* What the task asks
For this exercise, write out exactly the lines from the line containing "let mut lines: usize = 0;" through the last line of the records, and no other lines.

(Stored data)
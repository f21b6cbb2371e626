//! Files that are broken off behind any of their bytes.

use crate::setting::{HELD, run};
use pg_tool::Status;
use std::alloc::Global;
use std::process::Abort;
use std::test::Fail;

/// A file that is broken off.
#[derive(Clone, Copy)]
struct Row {
    /// The command that takes it under the name `c`.
    line: &'static str,
    /// How the fronts end that are whole files, and how many there are.
    ends: &'static [&'static str],
    count: u32,
    /// How the others are refused.
    status: Status,
    /// How the line begins that tells so, and whether the number of the last line of the front stands behind it.
    told: &'static str,
    by_line: bool,
}

/// A description is whole behind the head and behind each instruction, with or without the end of the line.
const DESCRIPTION: Row = Row {
    line: "print c",
    ends: &["\n}", "\n}\n"],
    count: 10,
    status: Status::Description,
    told: "description: ",
    by_line: false,
};

/// An image of three lines is whole behind each of them, with or without its end.
const IMAGE: Row = Row {
    line: "bare m0 c --grant 16 --steps 0",
    ends: &[
        "2: 04000408",
        "2: 04000408\n",
        "7: 01000707",
        "7: 01000707\n",
        "11: 00000005",
        "11: 00000005\n",
    ],
    count: 6,
    status: Status::Image,
    told: "image 0: grammar ",
    by_line: true,
};

const LINES: &[u8] = b"2: 04000408\n7: 01000707\n11: 00000005\n";

/// A certificate is whole behind its last line alone.
const CERTIFICATE: Row = Row {
    line: "verify one c",
    ends: &["\nend\n"],
    count: 1,
    status: Status::Certificate,
    told: "certificate: ",
    by_line: false,
};

/// Whether a front ends as a whole file does.
fn is_whole(front: &[u8], row: Row) -> bool {
    row.ends.iter().any(|end| front.ends_with(end.as_bytes()))
}

/// Whether a refusal is told as the row says, of a front with so many whole lines.
fn is_told(text: &str, row: Row, lines: usize) -> bool {
    match text.strip_prefix(row.told) {
        None => false,
        Some(_) if !row.by_line => true,
        Some(number) => match lines {
            0 => number == "1\n",
            1 => number == "2\n",
            _ => number == "3\n",
        },
    }
}

/// How many lines of a front have their end.
fn ends_of_lines(front: &[u8]) -> usize {
    let mut lines: usize = 0;
    for byte in front {
        lines = lines.wrapping_add(usize::from(*byte == b'\n'));
    }
    lines
}

/// A front is taken where it is whole, and else refused. Whether it is whole.
fn is_judged(rt: &impl Abort, alloc: Global, front: &[u8], row: Row) -> Result<bool, Fail> {
    let left = run(alloc, row.line, front, &[], &[])?;
    let whole = is_whole(front, row);
    let lines = ends_of_lines(front);
    let is_right = if whole {
        left.status == Status::Done
    } else {
        left.status == row.status && is_told(left.text(), row, lines)
    };
    assert!(rt; is_right, "{}: {}", row.line, front.len());
    Ok(whole)
}

/// Each front of a file but the empty one is judged, and as many are whole as the row says.
fn are_judged(rt: &impl Abort, alloc: Global, file: &[u8], row: Row) -> Result<(), Fail> {
    let mut wholes: u32 = 0;
    for length in 1..=file.len() {
        let front = file.get(..length).unwrap_or(file);
        let whole = is_judged(rt, alloc, front, row)?;
        wholes = wholes.wrapping_add(u32::from(whole));
    }
    assert!(rt; wholes == row.count, "{}: {wholes}", row.line);
    Ok(())
}

#[test]
fn a_file_that_is_broken_off_is_refused(rt: HostRuntime) -> Result<(), Fail> {
    let printed = run(rt.alloc(), "print m0", HELD, &[], &[])?;
    are_judged(&rt, rt.alloc(), printed.text().as_bytes(), DESCRIPTION)?;
    are_judged(&rt, rt.alloc(), LINES, IMAGE)?;
    let checked = run(rt.alloc(), "check one --cert c", HELD, &[], &[])?;
    are_judged(&rt, rt.alloc(), checked.held(), CERTIFICATE)
}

* Written answer
    let mut lines: usize = 0;
    for byte in front {
        lines = lines.wrapping_add(usize::from(*byte == b'\n'));
    }
    lines
}

/// A front is taken where it is whole, and else refused. Whether it is whole.
fn is_judged(rt: &impl Abort, alloc: Global, front: &[u8], row: Row) -> Result<bool, Fail> {
    let left = run(alloc, row.line, front, &[], &[])?;
    let whole = is_whole(front, row);
    let lines = ends_of_lines(front);
    let is_right = if whole {
        left.status == Status::Done
    } else {
        left.status == row.status && is_told(left.text(), row, lines)
    };
    assert!(rt; is_right, "{}: {}", row.line, front.len());
    Ok(whole)
}

/// Each front of a file but the empty one is judged, and as many are whole as the row says.
fn are_judged(rt: &impl Abort, alloc: Global, file: &[u8], row: Row) -> Result<(), Fail> {
    let mut wholes: u32 = 0;
    for length in 1..=file.len() {
        let front = file.get(..length).unwrap_or(file);
        let whole = is_judged(rt, alloc, front, row)?;
        wholes = wholes.wrapping_add(u32::from(whole));
    }
    assert!(rt; wholes == row.count, "{}: {wholes}", row.line);
    Ok(())
}

#[test]
fn a_file_that_is_broken_off_is_refused(rt: HostRuntime) -> Result<(), Fail> {
    let printed = run(rt.alloc(), "print m0", HELD, &[], &[])?;
    are_judged(&rt, rt.alloc(), printed.text().as_bytes(), DESCRIPTION)?;
    are_judged(&rt, rt.alloc(), LINES, IMAGE)?;
    let checked = run(rt.alloc(), "check one --cert c", HELD, &[], &[])?;
    are_judged(&rt, rt.alloc(), checked.held(), CERTIFICATE)
}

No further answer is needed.